A Feast for the Eyes at Ringling College
Arts & Culture
SRQ DAILY FRIDAY WEEKEND EDITION
FRIDAY AUG 21, 2015 |
BY PHILIP LEDERER
Gallery-goers gorge tonight with an invitation from Ringling College of Art and Design to “Celebrate Seven Galleries in One Evening,” featuring extended hours for the campus galleries and the opening of three new exhibitions, including StereoType, a traveling exhibition showcasing the work of 14 international artists and designers exploring the intersection of technology and design through novel interpretations of the symbolic nature of language. Housed in the Selby Gallery, the Ringling College exhibition will be the only stop in the region for this traveling show.
Under the full name StereoType: New directions in typography, the assembled exhibition sees artists from disparate traditions and mediums offering their own take on the elastic potential of typography, both in form and content. For some, there’s a playfulness, a certain whimsy that invites the viewer along for the experiment as the artist twists and bends familiar forms into alien images. Jerome Corgier’s installation lines the eastern wall, a row of layered and multi-colored paper constructions designed as a hybrid interpretation of Arabic and Roman alphabets and looking from afar like the crumbling pyramidic ruins of some Seussean civilization. On the wall adjacent, Ji Lee presents the alphabet in three dimensions, rotating each character around its vertical axis and positing the symbol’s form separate from the page.
Also on display will be Brian Banton’s plexiglass and elastic installation, stretching the alphabet across three dimensions through manipulation of the basic vector lines composing individual letters and a performance piece from Remco van de Craats, founder of Design Studio Edhv in The Netherlands, using fire to create ephemeral art. However, while the apparatus will be on display, the actual performance will be on the following Monday, Aug. 24.
“In this day and age, there’s no reason to think about type as something that has to be two dimensions,” said Ginger Gregg Duggan, a curator from curatorsquared, which won an Award of Excellence for the exhibit, “and we love working at that intersection of art and design, always looking at that boundary. I hope it excites people and gets a new group to look at something they may not initially perceive as art, but definitely is.”
The second room houses numerous video projects, such as Thomas G. Mason’s “Colloidal Alphabet Soup,” a collection of microscopic three-dimensional sculpted letters suspended in water and projected from the ceiling into a quivering and oddly literate petri dish on the floor, and Dan Tobin Smith’s efforts to corral fire, smoke and even the natural environment into letter forms, accompanied to a flickering and almost haunting conclusion by its insistent soundtrack.
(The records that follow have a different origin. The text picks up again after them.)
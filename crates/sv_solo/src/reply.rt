//! What is said to a token: an answer, or a refusal with its cause in its body.

ghost use Rattle.std.specs.Prelude.{◌≡◌, IfOk, find};
ghost use Rattle.std.specs.Option.{option_copied};
ghost use Rattle.sv_solo.specs.Reply.{refusal, speaks_to};

use std::alloc::{AllocError, Global};
use sv_connection::{Naming, refusal_by};
use sv_model::{Cause, Output, Response};

/// The response for a refused request: status 503 (RFC 9110, section 15.6.4), and the cause's name in the body.
pub fn refusal(
    alloc: Global,
    cause: Cause,
    head_only: bool,
    close: bool,
) -> Result<Response, AllocError>
    ensures { IfOk result (λ response. response ≡ refusal cause head_only close) }
{
    refusal_by(alloc, Naming::InBody, cause, head_only, close)
}

/// An output answers or refuses the token.
fn speaks_to(token: u64, output: &Output) -> bool
    ensures { result ≡ speaks_to token output.now }
{
    match output {
        Output::Answer { token: to, .. } | Output::Refuse { token: to, .. } => *to == token,
        Output::Send(_) | Output::Moved | Output::MoveRefused(_) => false,
    }
}

/// The first output that answers or refuses the token.
pub fn reply_to(token: u64, outputs: &[Output]) -> Option<&Output>
    ensures { option_copied result ≡ find (speaks_to token) outputs.now }
{
    outputs.iter().find(|output| speaks_to(token, output))
}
In addition to StereoType, in the Basch Gallery 4 Artists/4 Walls opens, seeing artists Dustin Juengel, Nathan Skiles, Steven Strenker and Patrick Lindhart each claim a wall as their own and paint directly on its surface, creating a walk-in experience, and “Resonance Array” opens in the Crossley Gallery with a reception from 5-9pm, showcasing the work of Ringling College faculty and staff. Tonight also marks the closing reception for the show in the CJ Gallery, featuring Ringling alumnus Tom Stephens. The Willis Smith Galleries will be open, showing student photography, as will the MadeBy Gallery, with an extended sale on original work from Ringling College students and alumni. All galleries will be open late, from 5-7pm, except for Crossley, which will be open until 9pm.